### DATA FOR PROCESSING
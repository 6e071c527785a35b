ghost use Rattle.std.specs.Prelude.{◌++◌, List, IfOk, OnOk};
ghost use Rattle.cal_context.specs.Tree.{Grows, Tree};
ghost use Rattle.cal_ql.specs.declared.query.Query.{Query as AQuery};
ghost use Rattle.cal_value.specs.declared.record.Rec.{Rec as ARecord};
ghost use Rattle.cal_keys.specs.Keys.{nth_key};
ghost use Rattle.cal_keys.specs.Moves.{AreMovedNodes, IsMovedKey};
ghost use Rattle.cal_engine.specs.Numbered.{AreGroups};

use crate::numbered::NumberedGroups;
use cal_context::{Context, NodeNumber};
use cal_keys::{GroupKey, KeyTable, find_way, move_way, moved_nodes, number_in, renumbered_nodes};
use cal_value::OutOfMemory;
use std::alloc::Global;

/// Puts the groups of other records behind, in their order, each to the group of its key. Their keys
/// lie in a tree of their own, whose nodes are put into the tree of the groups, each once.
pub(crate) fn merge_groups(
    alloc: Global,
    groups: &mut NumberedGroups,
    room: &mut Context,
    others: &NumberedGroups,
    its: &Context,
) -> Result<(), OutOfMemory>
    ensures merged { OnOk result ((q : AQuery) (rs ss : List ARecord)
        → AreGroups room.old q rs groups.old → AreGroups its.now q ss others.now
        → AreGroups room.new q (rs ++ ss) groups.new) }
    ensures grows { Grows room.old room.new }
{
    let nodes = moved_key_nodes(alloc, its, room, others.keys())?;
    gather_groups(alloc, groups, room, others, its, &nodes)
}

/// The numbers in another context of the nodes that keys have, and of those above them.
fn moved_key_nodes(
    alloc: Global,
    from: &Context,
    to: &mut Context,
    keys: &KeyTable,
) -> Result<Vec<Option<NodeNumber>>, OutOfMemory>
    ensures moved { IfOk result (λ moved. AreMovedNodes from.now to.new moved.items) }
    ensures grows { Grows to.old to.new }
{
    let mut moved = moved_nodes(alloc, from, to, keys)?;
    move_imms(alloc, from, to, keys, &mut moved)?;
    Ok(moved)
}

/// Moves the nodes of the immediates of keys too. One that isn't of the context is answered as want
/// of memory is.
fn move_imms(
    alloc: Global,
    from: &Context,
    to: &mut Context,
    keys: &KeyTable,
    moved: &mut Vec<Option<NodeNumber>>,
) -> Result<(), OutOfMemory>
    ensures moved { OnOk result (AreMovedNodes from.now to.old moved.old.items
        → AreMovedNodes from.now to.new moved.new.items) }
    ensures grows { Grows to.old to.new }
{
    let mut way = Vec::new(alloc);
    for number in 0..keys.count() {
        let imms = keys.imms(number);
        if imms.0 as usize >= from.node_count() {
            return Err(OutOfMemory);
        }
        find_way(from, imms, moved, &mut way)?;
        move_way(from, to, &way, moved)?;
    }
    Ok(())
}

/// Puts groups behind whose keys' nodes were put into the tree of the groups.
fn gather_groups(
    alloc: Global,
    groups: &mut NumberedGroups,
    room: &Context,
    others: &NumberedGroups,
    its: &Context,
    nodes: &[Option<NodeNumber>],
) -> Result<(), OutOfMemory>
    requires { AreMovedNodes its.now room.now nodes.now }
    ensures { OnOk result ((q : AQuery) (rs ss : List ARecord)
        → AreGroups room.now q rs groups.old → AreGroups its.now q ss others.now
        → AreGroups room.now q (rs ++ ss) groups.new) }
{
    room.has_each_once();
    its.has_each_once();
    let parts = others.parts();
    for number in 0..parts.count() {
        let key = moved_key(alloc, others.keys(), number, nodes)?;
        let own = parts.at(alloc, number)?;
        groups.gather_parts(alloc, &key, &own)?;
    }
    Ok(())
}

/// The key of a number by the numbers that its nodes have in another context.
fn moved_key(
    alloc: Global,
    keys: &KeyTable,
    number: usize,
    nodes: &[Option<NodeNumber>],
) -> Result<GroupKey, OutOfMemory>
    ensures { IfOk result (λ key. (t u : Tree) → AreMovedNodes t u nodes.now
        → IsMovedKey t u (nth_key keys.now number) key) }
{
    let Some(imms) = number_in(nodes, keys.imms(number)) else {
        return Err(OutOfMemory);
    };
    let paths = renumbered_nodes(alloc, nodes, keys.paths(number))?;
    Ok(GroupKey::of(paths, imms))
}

---

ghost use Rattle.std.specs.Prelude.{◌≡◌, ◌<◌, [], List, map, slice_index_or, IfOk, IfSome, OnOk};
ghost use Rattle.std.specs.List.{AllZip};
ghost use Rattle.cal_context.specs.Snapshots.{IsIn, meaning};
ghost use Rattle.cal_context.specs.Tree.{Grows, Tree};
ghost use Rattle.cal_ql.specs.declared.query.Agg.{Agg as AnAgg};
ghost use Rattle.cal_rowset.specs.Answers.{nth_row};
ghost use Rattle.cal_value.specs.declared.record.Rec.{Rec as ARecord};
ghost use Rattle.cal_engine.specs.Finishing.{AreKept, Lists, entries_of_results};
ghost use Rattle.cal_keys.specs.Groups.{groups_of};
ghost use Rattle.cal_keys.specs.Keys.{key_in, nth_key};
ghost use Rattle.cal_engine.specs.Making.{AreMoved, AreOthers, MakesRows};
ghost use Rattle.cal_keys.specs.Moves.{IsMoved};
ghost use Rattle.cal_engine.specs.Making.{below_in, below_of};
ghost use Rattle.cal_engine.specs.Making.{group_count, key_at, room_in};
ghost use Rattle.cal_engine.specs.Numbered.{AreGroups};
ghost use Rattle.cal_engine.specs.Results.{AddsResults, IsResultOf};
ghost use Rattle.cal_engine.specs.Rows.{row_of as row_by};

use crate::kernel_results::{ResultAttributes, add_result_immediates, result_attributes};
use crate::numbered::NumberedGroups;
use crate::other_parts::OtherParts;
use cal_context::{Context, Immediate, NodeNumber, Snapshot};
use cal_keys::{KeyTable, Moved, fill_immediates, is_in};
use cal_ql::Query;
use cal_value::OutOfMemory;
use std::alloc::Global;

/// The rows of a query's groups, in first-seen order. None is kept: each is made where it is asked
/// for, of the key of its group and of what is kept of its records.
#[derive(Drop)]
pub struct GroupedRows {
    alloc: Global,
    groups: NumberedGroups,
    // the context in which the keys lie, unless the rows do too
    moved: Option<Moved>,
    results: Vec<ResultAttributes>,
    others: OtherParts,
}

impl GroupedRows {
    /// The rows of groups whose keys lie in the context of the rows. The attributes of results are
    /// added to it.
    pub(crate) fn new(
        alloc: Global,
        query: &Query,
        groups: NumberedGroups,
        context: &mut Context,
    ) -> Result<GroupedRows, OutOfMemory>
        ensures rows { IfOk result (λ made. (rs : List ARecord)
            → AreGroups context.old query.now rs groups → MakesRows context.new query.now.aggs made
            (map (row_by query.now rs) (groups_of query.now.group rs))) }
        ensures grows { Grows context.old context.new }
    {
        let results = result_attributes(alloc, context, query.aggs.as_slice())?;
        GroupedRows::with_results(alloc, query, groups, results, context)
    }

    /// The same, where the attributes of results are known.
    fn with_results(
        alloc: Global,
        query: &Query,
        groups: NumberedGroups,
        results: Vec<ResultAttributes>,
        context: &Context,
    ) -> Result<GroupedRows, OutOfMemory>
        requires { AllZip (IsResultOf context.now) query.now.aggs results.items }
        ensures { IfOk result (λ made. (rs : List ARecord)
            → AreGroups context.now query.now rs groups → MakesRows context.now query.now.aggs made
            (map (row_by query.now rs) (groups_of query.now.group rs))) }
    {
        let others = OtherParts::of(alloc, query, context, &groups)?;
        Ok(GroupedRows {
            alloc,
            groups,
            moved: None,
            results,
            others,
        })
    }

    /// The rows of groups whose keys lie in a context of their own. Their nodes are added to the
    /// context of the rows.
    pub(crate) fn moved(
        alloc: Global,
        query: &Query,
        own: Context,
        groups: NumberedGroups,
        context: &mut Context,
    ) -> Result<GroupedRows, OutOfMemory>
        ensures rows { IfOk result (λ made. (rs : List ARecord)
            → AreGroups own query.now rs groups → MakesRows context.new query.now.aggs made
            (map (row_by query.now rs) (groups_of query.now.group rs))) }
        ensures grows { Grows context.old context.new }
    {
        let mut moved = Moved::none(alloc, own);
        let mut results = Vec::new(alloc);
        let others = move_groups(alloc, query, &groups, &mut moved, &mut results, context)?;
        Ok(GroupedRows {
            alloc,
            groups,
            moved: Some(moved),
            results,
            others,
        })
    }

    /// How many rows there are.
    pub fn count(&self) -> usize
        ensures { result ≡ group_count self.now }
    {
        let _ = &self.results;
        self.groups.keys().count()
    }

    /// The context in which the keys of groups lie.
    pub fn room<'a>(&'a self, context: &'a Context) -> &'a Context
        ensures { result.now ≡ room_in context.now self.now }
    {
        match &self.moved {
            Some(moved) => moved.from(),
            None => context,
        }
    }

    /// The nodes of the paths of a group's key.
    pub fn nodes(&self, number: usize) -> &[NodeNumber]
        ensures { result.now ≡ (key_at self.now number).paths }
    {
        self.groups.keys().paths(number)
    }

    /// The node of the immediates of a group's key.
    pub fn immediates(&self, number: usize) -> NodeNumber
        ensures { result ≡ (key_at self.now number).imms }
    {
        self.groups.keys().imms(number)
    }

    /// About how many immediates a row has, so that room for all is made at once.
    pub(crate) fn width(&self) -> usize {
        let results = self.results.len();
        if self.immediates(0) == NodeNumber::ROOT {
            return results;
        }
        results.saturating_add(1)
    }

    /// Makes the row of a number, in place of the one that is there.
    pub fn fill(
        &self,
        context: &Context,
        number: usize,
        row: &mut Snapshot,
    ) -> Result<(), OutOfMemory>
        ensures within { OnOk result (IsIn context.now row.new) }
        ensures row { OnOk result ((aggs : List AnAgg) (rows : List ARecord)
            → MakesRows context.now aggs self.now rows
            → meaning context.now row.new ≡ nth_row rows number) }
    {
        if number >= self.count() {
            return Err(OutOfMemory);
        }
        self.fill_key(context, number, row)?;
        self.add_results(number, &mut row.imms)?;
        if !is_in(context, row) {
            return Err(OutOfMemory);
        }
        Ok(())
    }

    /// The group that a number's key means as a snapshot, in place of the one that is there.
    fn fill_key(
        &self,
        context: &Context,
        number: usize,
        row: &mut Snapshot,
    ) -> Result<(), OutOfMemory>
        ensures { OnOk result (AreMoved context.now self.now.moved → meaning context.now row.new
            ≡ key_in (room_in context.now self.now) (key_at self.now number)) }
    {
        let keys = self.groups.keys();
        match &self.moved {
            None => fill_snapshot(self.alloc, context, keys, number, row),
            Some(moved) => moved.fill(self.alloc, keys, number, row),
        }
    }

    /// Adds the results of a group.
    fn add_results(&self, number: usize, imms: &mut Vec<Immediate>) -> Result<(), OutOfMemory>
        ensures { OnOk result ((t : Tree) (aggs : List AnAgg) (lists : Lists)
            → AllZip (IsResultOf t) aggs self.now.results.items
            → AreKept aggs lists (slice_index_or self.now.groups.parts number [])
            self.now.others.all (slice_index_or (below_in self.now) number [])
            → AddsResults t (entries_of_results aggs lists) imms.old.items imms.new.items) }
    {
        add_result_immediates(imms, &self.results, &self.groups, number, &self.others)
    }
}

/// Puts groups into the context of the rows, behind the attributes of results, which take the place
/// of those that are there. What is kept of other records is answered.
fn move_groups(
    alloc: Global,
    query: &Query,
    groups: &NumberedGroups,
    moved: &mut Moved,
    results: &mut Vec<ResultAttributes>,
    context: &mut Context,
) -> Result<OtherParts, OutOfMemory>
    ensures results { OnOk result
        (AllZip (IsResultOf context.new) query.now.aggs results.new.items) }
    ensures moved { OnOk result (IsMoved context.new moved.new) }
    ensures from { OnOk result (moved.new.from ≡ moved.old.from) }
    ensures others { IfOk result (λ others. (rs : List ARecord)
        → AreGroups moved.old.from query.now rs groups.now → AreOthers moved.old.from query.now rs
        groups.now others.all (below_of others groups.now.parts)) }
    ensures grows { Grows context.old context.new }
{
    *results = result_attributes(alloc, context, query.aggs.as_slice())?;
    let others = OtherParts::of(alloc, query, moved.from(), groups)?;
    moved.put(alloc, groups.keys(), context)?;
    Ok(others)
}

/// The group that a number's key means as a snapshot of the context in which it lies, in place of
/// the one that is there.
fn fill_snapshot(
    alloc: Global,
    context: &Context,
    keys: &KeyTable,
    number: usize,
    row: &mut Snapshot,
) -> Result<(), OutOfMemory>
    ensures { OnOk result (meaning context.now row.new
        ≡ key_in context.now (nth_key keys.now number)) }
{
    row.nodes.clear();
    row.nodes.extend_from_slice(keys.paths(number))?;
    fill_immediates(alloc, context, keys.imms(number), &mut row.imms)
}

...

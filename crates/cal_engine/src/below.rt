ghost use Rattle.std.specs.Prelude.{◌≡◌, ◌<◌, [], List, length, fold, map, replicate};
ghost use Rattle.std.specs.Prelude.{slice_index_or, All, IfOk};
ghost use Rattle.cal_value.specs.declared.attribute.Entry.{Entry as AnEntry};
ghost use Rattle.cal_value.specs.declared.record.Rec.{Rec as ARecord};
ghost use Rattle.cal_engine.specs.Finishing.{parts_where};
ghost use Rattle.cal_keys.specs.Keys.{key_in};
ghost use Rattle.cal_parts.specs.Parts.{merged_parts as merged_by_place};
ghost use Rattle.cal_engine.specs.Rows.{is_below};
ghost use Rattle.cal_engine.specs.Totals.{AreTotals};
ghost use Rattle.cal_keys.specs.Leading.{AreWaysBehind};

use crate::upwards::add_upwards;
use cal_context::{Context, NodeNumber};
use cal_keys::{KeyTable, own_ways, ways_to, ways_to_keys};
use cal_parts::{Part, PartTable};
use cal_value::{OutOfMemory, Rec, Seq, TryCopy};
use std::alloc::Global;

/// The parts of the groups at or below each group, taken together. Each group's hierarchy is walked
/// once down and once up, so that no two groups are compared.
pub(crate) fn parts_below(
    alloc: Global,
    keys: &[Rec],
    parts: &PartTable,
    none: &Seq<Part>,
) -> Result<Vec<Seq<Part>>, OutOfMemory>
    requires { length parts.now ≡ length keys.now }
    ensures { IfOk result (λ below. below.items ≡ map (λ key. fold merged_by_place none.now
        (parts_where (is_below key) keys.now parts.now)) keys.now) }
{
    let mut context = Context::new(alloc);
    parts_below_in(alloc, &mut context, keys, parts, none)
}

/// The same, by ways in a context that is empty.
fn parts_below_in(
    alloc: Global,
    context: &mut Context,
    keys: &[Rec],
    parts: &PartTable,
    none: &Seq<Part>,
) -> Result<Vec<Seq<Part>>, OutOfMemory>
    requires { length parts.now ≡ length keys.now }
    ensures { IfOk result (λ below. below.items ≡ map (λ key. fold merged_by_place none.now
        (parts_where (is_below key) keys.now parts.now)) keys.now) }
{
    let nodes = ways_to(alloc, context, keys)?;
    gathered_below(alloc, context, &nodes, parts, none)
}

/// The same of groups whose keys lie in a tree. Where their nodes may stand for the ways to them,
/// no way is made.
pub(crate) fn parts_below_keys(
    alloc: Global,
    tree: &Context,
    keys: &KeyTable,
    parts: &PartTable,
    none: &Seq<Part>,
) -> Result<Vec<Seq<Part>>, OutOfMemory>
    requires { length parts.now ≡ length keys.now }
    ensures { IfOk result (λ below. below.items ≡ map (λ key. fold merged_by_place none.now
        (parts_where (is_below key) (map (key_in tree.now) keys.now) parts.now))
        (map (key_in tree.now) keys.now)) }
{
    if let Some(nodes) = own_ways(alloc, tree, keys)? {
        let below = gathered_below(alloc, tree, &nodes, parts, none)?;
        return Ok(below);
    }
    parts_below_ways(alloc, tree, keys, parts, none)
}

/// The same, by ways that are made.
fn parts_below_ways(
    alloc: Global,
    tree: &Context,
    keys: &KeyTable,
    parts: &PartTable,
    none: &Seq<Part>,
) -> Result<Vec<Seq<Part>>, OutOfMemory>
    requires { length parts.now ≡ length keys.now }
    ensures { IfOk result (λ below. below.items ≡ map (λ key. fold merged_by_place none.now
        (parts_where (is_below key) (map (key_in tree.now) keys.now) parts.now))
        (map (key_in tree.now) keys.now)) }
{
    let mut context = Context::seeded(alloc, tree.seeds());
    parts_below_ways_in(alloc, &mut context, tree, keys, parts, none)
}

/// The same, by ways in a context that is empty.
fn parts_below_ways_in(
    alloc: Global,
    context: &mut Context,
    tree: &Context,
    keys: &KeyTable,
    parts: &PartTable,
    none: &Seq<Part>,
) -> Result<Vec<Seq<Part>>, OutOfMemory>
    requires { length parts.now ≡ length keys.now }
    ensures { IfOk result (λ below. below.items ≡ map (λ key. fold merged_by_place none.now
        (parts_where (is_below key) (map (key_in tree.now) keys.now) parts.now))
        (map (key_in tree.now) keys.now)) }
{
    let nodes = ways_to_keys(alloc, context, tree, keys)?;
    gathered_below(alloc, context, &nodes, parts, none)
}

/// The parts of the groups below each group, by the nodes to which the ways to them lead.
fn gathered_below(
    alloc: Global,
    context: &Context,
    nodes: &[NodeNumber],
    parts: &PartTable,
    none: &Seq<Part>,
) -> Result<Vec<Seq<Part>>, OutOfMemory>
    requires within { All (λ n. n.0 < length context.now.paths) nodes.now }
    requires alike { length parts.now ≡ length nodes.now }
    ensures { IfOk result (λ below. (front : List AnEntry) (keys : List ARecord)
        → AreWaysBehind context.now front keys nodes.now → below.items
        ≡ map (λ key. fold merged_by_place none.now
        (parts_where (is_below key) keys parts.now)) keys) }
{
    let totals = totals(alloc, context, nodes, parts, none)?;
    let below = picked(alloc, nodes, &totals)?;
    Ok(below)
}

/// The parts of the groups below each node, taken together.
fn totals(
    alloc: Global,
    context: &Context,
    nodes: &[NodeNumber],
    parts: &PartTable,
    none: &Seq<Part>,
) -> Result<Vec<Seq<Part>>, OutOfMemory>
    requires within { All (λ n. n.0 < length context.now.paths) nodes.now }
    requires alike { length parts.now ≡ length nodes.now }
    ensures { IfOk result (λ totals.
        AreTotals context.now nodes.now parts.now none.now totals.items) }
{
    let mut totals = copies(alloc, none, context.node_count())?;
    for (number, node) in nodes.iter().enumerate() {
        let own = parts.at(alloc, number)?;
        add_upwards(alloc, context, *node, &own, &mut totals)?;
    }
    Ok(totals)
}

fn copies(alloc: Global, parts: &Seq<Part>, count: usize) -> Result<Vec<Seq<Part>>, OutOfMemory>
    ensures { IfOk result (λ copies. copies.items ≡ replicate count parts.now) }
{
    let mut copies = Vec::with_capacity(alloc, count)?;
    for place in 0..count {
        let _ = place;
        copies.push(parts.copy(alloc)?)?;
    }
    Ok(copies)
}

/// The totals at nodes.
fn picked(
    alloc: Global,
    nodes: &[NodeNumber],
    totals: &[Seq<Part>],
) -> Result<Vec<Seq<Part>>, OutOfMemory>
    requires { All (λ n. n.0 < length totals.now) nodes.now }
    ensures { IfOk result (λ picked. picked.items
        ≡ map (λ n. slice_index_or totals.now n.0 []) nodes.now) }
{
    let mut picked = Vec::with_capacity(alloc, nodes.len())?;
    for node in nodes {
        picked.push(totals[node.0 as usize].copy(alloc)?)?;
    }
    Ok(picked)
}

### ASSIGNMENT
All lines in the listing above between the line with "-> Result<OtherParts, OutOfMemory>" and the line with "OnOk result (moved.new.from", inclusive, should be set down exactly, and no line outside that range.

### EXERCISE SOLUTION
) -> Result<OtherParts, OutOfMemory>
    ensures results { OnOk result
        (AllZip (IsResultOf context.new) query.now.aggs results.new.items) }
    ensures moved { OnOk result (IsMoved context.new moved.new) }
    ensures from { OnOk result (moved.new.from ≡ moved.old.from) }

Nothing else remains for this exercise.